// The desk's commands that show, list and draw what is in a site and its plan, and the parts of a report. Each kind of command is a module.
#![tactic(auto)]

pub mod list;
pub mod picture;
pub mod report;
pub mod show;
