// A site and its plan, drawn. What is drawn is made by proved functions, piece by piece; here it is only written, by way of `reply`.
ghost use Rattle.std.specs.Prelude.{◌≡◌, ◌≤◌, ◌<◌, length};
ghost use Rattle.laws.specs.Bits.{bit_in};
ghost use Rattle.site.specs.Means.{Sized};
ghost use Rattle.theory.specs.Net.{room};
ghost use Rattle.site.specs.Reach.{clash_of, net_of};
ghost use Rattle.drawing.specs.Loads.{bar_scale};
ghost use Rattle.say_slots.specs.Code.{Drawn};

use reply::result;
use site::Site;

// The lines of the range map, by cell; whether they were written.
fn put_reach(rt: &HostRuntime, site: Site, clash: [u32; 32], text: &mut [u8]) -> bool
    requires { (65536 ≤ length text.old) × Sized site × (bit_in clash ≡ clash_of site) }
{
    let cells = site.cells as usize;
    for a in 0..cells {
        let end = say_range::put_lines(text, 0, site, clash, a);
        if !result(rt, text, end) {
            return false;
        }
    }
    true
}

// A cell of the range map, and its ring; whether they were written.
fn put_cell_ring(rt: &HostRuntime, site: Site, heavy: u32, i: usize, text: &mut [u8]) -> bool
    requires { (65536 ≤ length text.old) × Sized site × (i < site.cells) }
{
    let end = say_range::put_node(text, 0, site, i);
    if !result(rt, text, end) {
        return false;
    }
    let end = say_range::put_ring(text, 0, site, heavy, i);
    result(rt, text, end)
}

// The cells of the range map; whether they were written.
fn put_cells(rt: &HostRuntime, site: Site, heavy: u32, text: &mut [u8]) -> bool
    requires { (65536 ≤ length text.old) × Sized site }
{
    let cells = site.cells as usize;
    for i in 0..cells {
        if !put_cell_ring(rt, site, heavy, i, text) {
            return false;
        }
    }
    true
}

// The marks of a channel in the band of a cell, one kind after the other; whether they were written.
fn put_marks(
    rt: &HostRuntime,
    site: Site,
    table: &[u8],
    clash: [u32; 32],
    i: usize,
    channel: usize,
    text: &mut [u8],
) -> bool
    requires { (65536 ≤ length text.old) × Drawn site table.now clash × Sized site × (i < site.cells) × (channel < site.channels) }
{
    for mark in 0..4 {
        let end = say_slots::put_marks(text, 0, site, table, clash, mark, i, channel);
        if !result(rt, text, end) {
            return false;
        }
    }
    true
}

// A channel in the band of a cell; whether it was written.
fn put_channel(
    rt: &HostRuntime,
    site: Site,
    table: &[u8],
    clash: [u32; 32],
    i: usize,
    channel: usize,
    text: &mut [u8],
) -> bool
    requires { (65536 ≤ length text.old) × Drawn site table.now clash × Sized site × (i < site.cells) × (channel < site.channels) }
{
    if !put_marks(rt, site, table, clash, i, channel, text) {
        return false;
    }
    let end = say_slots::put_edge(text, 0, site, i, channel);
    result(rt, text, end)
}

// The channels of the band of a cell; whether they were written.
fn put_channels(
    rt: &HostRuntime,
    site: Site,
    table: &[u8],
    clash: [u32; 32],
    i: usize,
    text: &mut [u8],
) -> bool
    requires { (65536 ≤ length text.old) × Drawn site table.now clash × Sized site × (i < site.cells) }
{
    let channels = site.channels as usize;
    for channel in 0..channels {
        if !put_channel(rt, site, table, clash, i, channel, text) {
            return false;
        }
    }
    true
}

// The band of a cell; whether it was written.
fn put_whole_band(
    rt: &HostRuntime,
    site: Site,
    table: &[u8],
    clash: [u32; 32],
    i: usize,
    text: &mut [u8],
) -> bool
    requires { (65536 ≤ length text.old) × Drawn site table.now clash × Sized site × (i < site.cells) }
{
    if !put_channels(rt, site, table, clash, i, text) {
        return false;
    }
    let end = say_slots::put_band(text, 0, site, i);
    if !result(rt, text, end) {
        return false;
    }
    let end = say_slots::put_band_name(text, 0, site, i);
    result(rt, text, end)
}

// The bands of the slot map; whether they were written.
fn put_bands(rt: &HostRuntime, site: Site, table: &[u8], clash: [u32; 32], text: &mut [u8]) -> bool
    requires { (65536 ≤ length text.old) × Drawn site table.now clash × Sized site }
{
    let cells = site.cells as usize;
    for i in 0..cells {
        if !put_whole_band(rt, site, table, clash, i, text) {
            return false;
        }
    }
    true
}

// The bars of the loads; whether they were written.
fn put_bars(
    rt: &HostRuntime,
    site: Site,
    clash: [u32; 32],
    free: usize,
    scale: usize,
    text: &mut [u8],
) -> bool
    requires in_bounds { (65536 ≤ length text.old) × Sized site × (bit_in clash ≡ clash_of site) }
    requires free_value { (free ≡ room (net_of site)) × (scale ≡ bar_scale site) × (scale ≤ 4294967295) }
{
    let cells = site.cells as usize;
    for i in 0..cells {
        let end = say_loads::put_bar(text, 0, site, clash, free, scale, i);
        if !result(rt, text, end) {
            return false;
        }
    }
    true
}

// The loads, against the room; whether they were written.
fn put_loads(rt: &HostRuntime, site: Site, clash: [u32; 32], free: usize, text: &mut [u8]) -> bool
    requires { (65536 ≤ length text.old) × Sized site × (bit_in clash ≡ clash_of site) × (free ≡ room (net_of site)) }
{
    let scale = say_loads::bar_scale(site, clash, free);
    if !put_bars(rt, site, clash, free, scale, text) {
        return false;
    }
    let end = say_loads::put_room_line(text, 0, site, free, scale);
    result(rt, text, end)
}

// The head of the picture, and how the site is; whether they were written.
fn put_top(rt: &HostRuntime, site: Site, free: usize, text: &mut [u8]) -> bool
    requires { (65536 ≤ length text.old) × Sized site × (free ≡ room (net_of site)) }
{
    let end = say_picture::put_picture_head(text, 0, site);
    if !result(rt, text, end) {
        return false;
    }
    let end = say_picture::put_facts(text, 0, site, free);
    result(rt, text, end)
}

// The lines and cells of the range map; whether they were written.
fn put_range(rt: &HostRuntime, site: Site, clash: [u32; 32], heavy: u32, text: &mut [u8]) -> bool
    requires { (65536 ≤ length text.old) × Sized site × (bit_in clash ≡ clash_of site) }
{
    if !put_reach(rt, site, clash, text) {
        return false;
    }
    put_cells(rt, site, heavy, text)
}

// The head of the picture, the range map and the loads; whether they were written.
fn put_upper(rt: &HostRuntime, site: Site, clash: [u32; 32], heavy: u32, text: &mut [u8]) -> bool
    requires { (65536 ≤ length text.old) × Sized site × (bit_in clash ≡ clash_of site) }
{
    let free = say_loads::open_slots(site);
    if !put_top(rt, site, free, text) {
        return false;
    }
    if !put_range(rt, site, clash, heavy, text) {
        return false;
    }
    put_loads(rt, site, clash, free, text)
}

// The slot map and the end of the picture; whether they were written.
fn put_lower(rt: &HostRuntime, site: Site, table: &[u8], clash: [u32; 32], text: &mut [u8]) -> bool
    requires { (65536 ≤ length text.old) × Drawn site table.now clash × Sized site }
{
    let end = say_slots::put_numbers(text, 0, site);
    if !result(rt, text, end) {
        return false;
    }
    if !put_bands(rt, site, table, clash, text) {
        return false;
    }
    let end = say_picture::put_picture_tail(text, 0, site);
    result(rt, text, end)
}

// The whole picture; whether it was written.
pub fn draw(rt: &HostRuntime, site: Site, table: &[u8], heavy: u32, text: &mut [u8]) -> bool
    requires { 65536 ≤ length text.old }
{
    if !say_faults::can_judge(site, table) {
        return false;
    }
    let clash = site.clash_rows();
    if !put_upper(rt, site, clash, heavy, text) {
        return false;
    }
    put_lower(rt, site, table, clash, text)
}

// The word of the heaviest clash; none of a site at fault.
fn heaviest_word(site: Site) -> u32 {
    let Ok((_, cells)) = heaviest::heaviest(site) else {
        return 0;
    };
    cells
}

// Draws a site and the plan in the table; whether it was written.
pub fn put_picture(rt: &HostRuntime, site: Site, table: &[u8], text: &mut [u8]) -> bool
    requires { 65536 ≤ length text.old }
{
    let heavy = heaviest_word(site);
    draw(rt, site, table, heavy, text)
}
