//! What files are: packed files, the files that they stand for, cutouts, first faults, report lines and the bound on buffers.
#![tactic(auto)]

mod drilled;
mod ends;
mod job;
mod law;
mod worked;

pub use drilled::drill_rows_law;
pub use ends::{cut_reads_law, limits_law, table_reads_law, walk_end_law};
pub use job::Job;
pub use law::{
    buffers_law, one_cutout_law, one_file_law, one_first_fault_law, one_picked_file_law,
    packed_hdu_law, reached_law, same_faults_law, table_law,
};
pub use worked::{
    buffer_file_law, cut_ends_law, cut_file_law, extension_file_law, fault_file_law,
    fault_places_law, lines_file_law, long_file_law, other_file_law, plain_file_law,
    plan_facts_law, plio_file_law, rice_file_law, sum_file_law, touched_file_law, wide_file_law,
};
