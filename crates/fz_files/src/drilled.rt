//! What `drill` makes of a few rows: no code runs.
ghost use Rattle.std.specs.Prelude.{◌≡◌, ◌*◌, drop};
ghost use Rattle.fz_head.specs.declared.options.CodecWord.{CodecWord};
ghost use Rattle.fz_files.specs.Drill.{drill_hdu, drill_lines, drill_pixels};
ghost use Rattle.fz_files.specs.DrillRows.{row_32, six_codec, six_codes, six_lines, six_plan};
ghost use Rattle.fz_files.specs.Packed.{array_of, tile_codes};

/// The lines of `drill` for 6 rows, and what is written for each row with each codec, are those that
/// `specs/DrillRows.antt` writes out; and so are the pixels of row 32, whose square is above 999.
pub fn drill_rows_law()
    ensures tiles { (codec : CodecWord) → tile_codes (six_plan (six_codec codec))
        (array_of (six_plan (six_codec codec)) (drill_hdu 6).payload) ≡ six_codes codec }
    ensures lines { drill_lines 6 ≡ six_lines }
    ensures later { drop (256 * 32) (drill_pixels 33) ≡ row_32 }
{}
***
» **Work to complete**: From the beginning of the listing above down to the line with "pub mod show;", every line should be restated exactly.

» **Exercise solution**:
// The desk's commands that show, list and draw what is in a site and its plan, and the parts of a report. Each kind of command is a module.
#![tactic(auto)]

pub mod list;
pub mod picture;
pub mod report;
pub mod show;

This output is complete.